**PROMPT**
Copy the data below exactly.

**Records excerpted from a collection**
::::
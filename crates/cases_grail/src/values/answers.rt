//! What is answered to a command.
ghost use Rattle.value_text.specs.Grammar.{AreNamed, DistinctNames};

use super::table::Table;
use camelot_values::{Flat, Kind, Types};
use grail_check::check_code;
use grail_code::decode;
use std::io;
use stops::Stop;
use value_text::{ValueFault, print, read};

/// What of an outcome is printed.
#[derive(Clone, Copy, PartialEq, Eq)]
enum Show {
    /// The values, or the fault.
    Values,
    /// That it was read, or the place of the fault.
    Place,
    /// The sizes of the first value, or the fault.
    Sizes,
}

fn print_stop(rt: &HostRuntime, stop: Stop<ValueFault>) -> io::Result<()> {
    match stop {
        Stop::Fault(ValueFault::BadShape { at }) => print!(rt; " bad {at}"),
        Stop::Fault(ValueFault::TooLong { items }) => print!(rt; " long {items}"),
        Stop::Memory => print!(rt; " memory"),
    }
}

fn print_values(rt: &HostRuntime, types: &Types, values: &[Flat]) -> io::Result<()> {
    print!(rt; " read")?;
    for value in values {
        let text = print(rt.alloc(), value, types)?;
        print!(rt; " [{}]", text.escape_ascii())?;
    }
    Ok(())
}

fn print_sizes(rt: &HostRuntime, types: &Types, values: &[Flat]) -> io::Result<()> {
    print!(rt; " values {}", values.len())?;
    if let [first, ..] = values {
        let text = print(rt.alloc(), first, types)?;
        print!(rt;
            " nodes {} cells {} bytes {}",
            first.items().len(),
            first.cells(types),
            text.len()
        )?;
    }
    Ok(())
}

// Prints what a text is read as.
fn answer_text(
    rt: &HostRuntime,
    types: &Types,
    kinds: &[Kind],
    text: &[u8],
    show: Show,
) -> io::Result<()>
    requires named { AreNamed types.now }
    requires distinct { DistinctNames types.now }
{
    if text.len() >= 4_294_967_296 {
        return print!(rt; " too long a text");
    }
    match (read(rt.alloc(), text, types, kinds), show) {
        (Ok(values), Show::Values) => print_values(rt, types, &values),
        (Ok(_), Show::Place) => print!(rt; " ok"),
        (Ok(values), Show::Sizes) => print_sizes(rt, types, &values),
        (Err(Stop::Fault(ValueFault::BadShape { at })), Show::Place) => print!(rt; " {at}"),
        (Err(stop), _) => print_stop(rt, stop),
    }
}

// Prints what each front of the text is read as.
fn answer_fronts(rt: &HostRuntime, types: &Types, kinds: &[Kind], text: &[u8]) -> io::Result<()>
    requires named { AreNamed types.now }
    requires distinct { DistinctNames types.now }
{
    for count in 0..text.len() {
        answer_text(rt, types, kinds, &text[..count], Show::Place)?;
    }
    answer_text(rt, types, kinds, text, Show::Place)
}

// Answers a command with a text of values of the table's types and kinds.
fn answer_read(rt: &HostRuntime, table: &Table, text: &[u8], command: &str) -> io::Result<()> {
    let alloc = rt.alloc();
    let code = match decode(alloc, &table.code(alloc)?) {
        Ok(code) => code,
        Err(fault) => return print!(rt; " no types: {fault}"),
    };
    match check_code(alloc, &code)? {
        Ok(()) => {}
        Err(fault) => return print!(rt; " no types: {fault}"),
    }
    match command {
        "read" => answer_text(rt, &code.types, &table.kinds, text, Show::Values),
        "fronts" => answer_fronts(rt, &code.types, &table.kinds, text),
        _ => answer_text(rt, &code.types, &table.kinds, text, Show::Sizes),
    }
}

// The text that has the first part so many times, then the second, and then the third so many times.
fn nested(
    rt: &HostRuntime,
    times: u32,
    open: &str,
    middle: &str,
    close: &str,
) -> io::Result<Vec<u8>> {
    let mut text = Vec::new(rt.alloc());
    for _ in 0..times {
        text.extend_from_slice(open.as_bytes())?;
    }
    text.extend_from_slice(middle.as_bytes())?;
    for _ in 0..times {
        text.extend_from_slice(close.as_bytes())?;
    }
    Ok(text)
}

/// Prints the line of a command and its answer.
pub(crate) fn answer(rt: &HostRuntime, table: &mut Table, line: &str) -> io::Result<()> {
    let alloc = rt.alloc();
    print!(rt; "{line}:")?;
    if let Some(kinds) = line.strip_prefix("kinds") {
        table.set_kinds(alloc, kinds)?;
        return println!(rt; " {}", table.kinds.len());
    }
    let parts: Vec<&str> = line.split("|").collect(alloc)?;
    match parts.as_slice() {
        ["read ", text, ""] => answer_read(rt, table, text.as_bytes(), "read")?,
        ["fronts ", text, ""] => answer_read(rt, table, text.as_bytes(), "fronts")?,
        [head, open, middle, close, ""] => {
            let times = match head.strip_prefix("nest ") {
                Some(times) => times.trim().parse::<u32>().unwrap_or(0),
                None => 0,
            };
            let text = nested(rt, times, open, middle, close)?;
            answer_read(rt, table, &text, "nest")?;
        }
        _ => print!(rt; " no such command")?,
    }
    println!(rt; "")
}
::::
**ANSWER BOX**
filename crates/cases_grail/src/values/answers.rt
//! What is answered to a command.
ghost use Rattle.value_text.specs.Grammar.{AreNamed, DistinctNames};

use super::table::Table;
use camelot_values::{Flat, Kind, Types};
use grail_check::check_code;
use grail_code::decode;
use std::io;
use stops::Stop;
use value_text::{ValueFault, print, read};

/// What of an outcome is printed.
#[derive(Clone, Copy, PartialEq, Eq)]
enum Show {
    /// The values, or the fault.
    Values,
    /// That it was read, or the place of the fault.
    Place,
    /// The sizes of the first value, or the fault.
    Sizes,
}

fn print_stop(rt: &HostRuntime, stop: Stop<ValueFault>) -> io::Result<()> {
    match stop {
        Stop::Fault(ValueFault::BadShape { at }) => print!(rt; " bad {at}"),
        Stop::Fault(ValueFault::TooLong { items }) => print!(rt; " long {items}"),
        Stop::Memory => print!(rt; " memory"),
    }
}

fn print_values(rt: &HostRuntime, types: &Types, values: &[Flat]) -> io::Result<()> {
    print!(rt; " read")?;
    for value in values {
        let text = print(rt.alloc(), value, types)?;
        print!(rt; " [{}]", text.escape_ascii())?;
    }
    Ok(())
}

fn print_sizes(rt: &HostRuntime, types: &Types, values: &[Flat]) -> io::Result<()> {
    print!(rt; " values {}", values.len())?;
    if let [first, ..] = values {
        let text = print(rt.alloc(), first, types)?;
        print!(rt;
            " nodes {} cells {} bytes {}",
            first.items().len(),
            first.cells(types),
            text.len()
        )?;
    }
    Ok(())
}

// Prints what a text is read as.
fn answer_text(
    rt: &HostRuntime,
    types: &Types,
    kinds: &[Kind],
    text: &[u8],
    show: Show,
) -> io::Result<()>
    requires named { AreNamed types.now }
    requires distinct { DistinctNames types.now }
{
    if text.len() >= 4_294_967_296 {
        return print!(rt; " too long a text");
    }
    match (read(rt.alloc(), text, types, kinds), show) {
        (Ok(values), Show::Values) => print_values(rt, types, &values),
        (Ok(_), Show::Place) => print!(rt; " ok"),
        (Ok(values), Show::Sizes) => print_sizes(rt, types, &values),
        (Err(Stop::Fault(ValueFault::BadShape { at })), Show::Place) => print!(rt; " {at}"),
        (Err(stop), _) => print_stop(rt, stop),
    }
}

// Prints what each front of the text is read as.
fn answer_fronts(rt: &HostRuntime, types: &Types, kinds: &[Kind], text: &[u8]) -> io::Result<()>
    requires named { AreNamed types.now }
    requires distinct { DistinctNames types.now }
{
    for count in 0..text.len() {
        answer_text(rt, types, kinds, &text[..count], Show::Place)?;
    }
    answer_text(rt, types, kinds, text, Show::Place)
}

// Answers a command with a text of values of the table's types and kinds.
fn answer_read(rt: &HostRuntime, table: &Table, text: &[u8], command: &str) -> io::Result<()> {
    let alloc = rt.alloc();
    let code = match decode(alloc, &table.code(alloc)?) {
        Ok(code) => code,
        Err(fault) => return print!(rt; " no types: {fault}"),
    };
    match check_code(alloc, &code)? {
        Ok(()) => {}
        Err(fault) => return print!(rt; " no types: {fault}"),
    }
    match command {
        "read" => answer_text(rt, &code.types, &table.kinds, text, Show::Values),
        "fronts" => answer_fronts(rt, &code.types, &table.kinds, text),
        _ => answer_text(rt, &code.types, &table.kinds, text, Show::Sizes),
    }
}

// The text that has the first part so many times, then the second, and then the third so many times.
fn nested(
    rt: &HostRuntime,
    times: u32,
    open: &str,
    middle: &str,
    close: &str,
) -> io::Result<Vec<u8>> {
    let mut text = Vec::new(rt.alloc());
    for _ in 0..times {
        text.extend_from_slice(open.as_bytes())?;
    }
    text.extend_from_slice(middle.as_bytes())?;
    for _ in 0..times {
        text.extend_from_slice(close.as_bytes())?;
    }
    Ok(text)
}

/// Prints the line of a command and its answer.
pub(crate) fn answer(rt: &HostRuntime, table: &mut Table, line: &str) -> io::Result<()> {
    let alloc = rt.alloc();
    print!(rt; "{line}:")?;
    if let Some(kinds) = line.strip_prefix("kinds") {
        table.set_kinds(alloc, kinds)?;
        return println!(rt; " {}", table.kinds.len());
    }
    let parts: Vec<&str> = line.split("|").collect(alloc)?;
    match parts.as_slice() {
        ["read ", text, ""] => answer_read(rt, table, text.as_bytes(), "read")?,
        ["fronts ", text, ""] => answer_read(rt, table, text.as_bytes(), "fronts")?,
        [head, open, middle, close, ""] => {
            let times = match head.strip_prefix("nest ") {
                Some(times) => times.trim().parse::<u32>().unwrap_or(0),
                None => 0,
            };
            let text = nested(rt, times, open, middle, close)?;
            answer_read(rt, table, &text, "nest")?;
        }
        _ => print!(rt; " no such command")?,
    }
    println!(rt; "")
}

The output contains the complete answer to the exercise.